Action item:
A single number is the whole answer: the count of lines in these entries that hold "FileDisk".

Collected data:

= = = = = = =

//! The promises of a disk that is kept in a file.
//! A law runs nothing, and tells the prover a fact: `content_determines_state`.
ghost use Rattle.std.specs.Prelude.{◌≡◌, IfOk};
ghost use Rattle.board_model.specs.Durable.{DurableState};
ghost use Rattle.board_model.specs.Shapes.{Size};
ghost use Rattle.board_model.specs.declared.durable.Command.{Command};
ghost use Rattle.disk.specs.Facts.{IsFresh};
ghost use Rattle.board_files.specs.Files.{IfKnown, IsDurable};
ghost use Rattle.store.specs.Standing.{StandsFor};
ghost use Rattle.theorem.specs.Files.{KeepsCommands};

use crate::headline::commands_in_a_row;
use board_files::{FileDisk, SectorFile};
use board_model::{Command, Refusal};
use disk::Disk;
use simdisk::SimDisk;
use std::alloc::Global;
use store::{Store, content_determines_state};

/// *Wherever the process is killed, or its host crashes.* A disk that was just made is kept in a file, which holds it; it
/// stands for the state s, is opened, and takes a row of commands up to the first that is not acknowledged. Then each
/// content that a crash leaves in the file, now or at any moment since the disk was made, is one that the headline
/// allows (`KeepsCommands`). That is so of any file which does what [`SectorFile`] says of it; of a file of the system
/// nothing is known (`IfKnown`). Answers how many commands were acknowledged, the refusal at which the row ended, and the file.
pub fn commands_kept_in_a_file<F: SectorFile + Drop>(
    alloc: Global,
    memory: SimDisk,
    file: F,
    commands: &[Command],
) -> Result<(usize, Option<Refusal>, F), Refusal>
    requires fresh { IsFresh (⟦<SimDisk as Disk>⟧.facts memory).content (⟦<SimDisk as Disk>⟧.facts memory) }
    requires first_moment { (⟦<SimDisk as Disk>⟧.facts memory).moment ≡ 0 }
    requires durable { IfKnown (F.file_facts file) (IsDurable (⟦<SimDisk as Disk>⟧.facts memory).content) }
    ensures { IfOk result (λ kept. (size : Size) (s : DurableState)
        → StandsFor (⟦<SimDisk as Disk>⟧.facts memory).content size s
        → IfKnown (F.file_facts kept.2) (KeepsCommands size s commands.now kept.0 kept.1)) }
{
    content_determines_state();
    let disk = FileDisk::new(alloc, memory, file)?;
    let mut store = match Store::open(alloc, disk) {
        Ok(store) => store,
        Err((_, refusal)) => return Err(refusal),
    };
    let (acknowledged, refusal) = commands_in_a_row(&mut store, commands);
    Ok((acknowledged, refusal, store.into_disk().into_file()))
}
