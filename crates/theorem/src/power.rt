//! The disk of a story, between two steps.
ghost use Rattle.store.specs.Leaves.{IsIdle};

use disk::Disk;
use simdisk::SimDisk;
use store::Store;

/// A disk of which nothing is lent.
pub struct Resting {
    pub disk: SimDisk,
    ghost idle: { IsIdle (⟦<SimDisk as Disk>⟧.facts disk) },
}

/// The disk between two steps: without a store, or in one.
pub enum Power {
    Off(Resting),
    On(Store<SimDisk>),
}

= = = = = = =

Exercise output:
2